"African Women, Civil Wars, and Peacebuilding"
May 17-18, 2023
Since the 1960s, 22 of the 54 African countries have witnessed civil wars that resulted in mass violence, displacement and refugee crises, economic and infrastructural destruction, and political and regional instability. Caused by complex historical drivers and experiences rooted in the colonial legacy of fragile constitutional and institutional structures, ill-prepared political leadership, sectarianism, ethnonationalism, religious intolerance, poverty and inequality, and stiff competition for scarce resources, among other factors, the wars have had devastating impacts on Africans especially women. African women have been embroiled in armed conflicts as civilians—fleeing the hostilities, searching for refuge, and struggling to protect and feed their families. They have also been active participants in the battlefields as combatants, militia members, companions of male fighters, carriers of food, supplies, weapons and information, medical practitioners attending to the sick and the wounded, and spies undertaking dangerous espionage missions. They have worked as dedicated diplomats educating and currying continental and international support and mobilizing human and material resources for their causes.
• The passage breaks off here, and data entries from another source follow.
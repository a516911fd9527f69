// The program, from its words to its status.
ghost use Rattle.std.specs.Prelude.{◌≡◌};
ghost use Rattle.program_playaudit.specs.Program.{Answers, IsDone, IsFound, IsWritten};
ghost use Rattle.program_playaudit.specs.Statuses as spec;
ghost use Rattle.program_shell.specs.Words.{texts};

use crate::complaint::tell;
use crate::line::line_of;
use audit_text::framed;
use audit_verdict::{Verdict, audit};
use link_traits::{Sink, Source, write_whole};
use program_shell::{Status, read_input};
use std::alloc::Global;
use value_bytes::OutOfMemory;

/// The longest input that is read, in bytes.
const MOST_INPUT: usize = 67_108_864;

/// What the program came to. A text that is no play is refused by its verdict. The program's own fault is that the
/// input is not framed.
pub type AuditStatus = Status<Verdict>;

/// The program, from its words to its status. It takes no words. The input is read whole: the decimal length of a
/// scenario of at most 4,194,304 bytes, an LF, the scenario, and a text that claims to be the printed play of it. The
/// text is audited, and the verdict is written to the output: `play`, or `not a play: ` with the verdict's name and
/// value. A status other than `Ok` and `Refused` is told by one line on the complaints; where that line cannot be
/// written the answer is `WriteFault`.
///
/// `Usage` exactly where there is a word, and then nothing is read or written. `Ok` exactly where the verdict is
/// `Play`, `Refused` where it is another one. `ReadFault` only where the input failed, `WriteFault` only where the
/// output or the complaints failed or took nothing. `InputTooLong` exactly where byte 67,108,865 was read, and
/// `OwnFault` exactly where the whole input is not framed so. `OutOfMemory` where memory was refused.
pub fn playaudit<S: Source, K: Sink, E: Sink>(
    alloc: Global,
    words: &[String],
    input: &mut S,
    output: &mut K,
    complaints: &mut E,
) -> AuditStatus
    ensures { Answers (texts words.now)
        (S.gives input.old) (S.gives input.new)
        (K.takes output.old) (K.takes output.new)
        (E.takes complaints.old) (E.takes complaints.new) result }
{
    let status = status(alloc, words, input, output);
    tell(status, complaints)
}

// The status by the words, the input and the output.
fn status<S: Source, K: Sink>(
    alloc: Global,
    words: &[String],
    input: &mut S,
    output: &mut K,
) -> AuditStatus
    ensures { IsFound (texts words.now)
        (S.gives input.old) (S.gives input.new)
        (K.takes output.old) (K.takes output.new) result }
{
    match words {
        [] => audit_input(alloc, input, output),
        [_, ..] => Status::Usage,
    }
}

// The status by the input and the output.
fn audit_input<S: Source, K: Sink>(alloc: Global, input: &mut S, output: &mut K) -> AuditStatus
    ensures { IsDone (S.gives input.old) (S.gives input.new)
        (K.takes output.old) (K.takes output.new) result }
{
    let text = match read_input(alloc, input, MOST_INPUT) {
        Err(status) => return status,
        Ok(text) => text,
    };
    let Some((scenario, play)) = framed(text.as_slice()) else {
        return Status::OwnFault;
    };
    match audit(alloc, scenario, play) {
        Err(OutOfMemory) => Status::OutOfMemory,
        Ok(verdict) => write_verdict(alloc, verdict, output),
    }
}

// What the program comes to by a verdict.
fn status_of(verdict: Verdict) -> AuditStatus
    ensures { result ≡ spec.status_of verdict }
{
    if matches!(verdict, Verdict::Play) {
        Status::Ok
    } else {
        Status::Refused(verdict)
    }
}

// Writes the line of a verdict.
fn write_verdict<K: Sink>(alloc: Global, verdict: Verdict, output: &mut K) -> AuditStatus
    ensures { IsWritten verdict (K.takes output.old) (K.takes output.new) result }
{
    let line = match line_of(alloc, &verdict) {
        Err(OutOfMemory) => return Status::OutOfMemory,
        Ok(line) => line,
    };
    match write_whole(output, line.as_slice()) {
        Ok(()) => status_of(verdict),
        Err(_) => Status::WriteFault,
    }
}
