// The line of a verdict.
ghost use Rattle.std.specs.Prelude.{◌≡◌, ◌++◌, codes, decimal, IfOk, OnOk};
ghost use Rattle.program_playaudit.specs.Statuses as spec;

use audit_verdict::Verdict;
use itoa::Buffer;
use std::alloc::Global;
use value_bytes::{Bytes, OutOfMemory};

// Adds a name, a space and a number.
fn add_numbered(line: &mut Bytes, name: &[u8], number: u64) -> Result<(), OutOfMemory>
    ensures { OnOk result (line.new ≡ line.old ++ spec.named name.now (decimal number)) }
{
    line.append(name)?;
    line.append(b" ")?;
    let mut buffer = Buffer::new();
    line.append(buffer.format(number).as_bytes())
}

// Adds the name of a verdict other than `Play`, a space and its value.
fn add_verdict(line: &mut Bytes, verdict: &Verdict) -> Result<(), OutOfMemory>
    ensures { OnOk result (line.new ≡ line.old ++ spec.verdict_text verdict.now) }
{
    match verdict {
        Verdict::Play => Ok(()),
        Verdict::Scenario(place) => {
            line.append(b"Scenario ")?;
            line.append(place.text.as_slice())
        }
        Verdict::History(number) => add_numbered(line, b"History", *number),
        Verdict::Illegal(index) => add_numbered(line, b"Illegal", *index),
        Verdict::Stranger(index) => add_numbered(line, b"Stranger", *index),
        Verdict::Calls(number) => add_numbered(line, b"Calls", u64::from(*number)),
        Verdict::Text(offset) => add_numbered(line, b"Text", *offset),
    }
}

/// The line of a verdict.
pub fn line_of(alloc: Global, verdict: &Verdict) -> Result<Bytes, OutOfMemory>
    ensures { IfOk result (λ line. line ≡ spec.verdict_line verdict.now) }
{
    if matches!(verdict, Verdict::Play) {
        return Bytes::of(alloc, b"play\n");
    }
    let mut line = Bytes::of(alloc, b"not a play: ")?;
    add_verdict(&mut line, verdict)?;
    line.append(b"\n")?;
    Ok(line)
}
Civil wars disproportionately affected women in terms of their access to resources, their participation in the decision-making processes of postwar rehabilitation, and the degree of their reintegration in postwar society. The militarization and sexualized violence engendered by the civil wars in Africa have also affected women and their daughters disproportionately. While armed conflicts turned women's bodies into sites of violence as well as of resistance, they also highlighted women's resilience and agency in protecting and feeding families, helping communities survive, and exploiting socioeconomic and political opportunities engendered by the hostilities. We invite paper and panel proposals that apply critical interdisciplinary and gendered perspectives to analyze the complex and diverse experiences of African women in prewar, wartime, and postwar societies. Proposals that also explore the complex forms and effects of violence against women and girls in wartimes and immediate postwar zones, and help crack the silence and secrecy that have obscured women's war experiences are welcome. We also invite those that focus on African women's agency in terms of their survival strategies and exploitation of the new opportunities—economic, political, educational, creative and artistic expressions—that are engendered by civil wars.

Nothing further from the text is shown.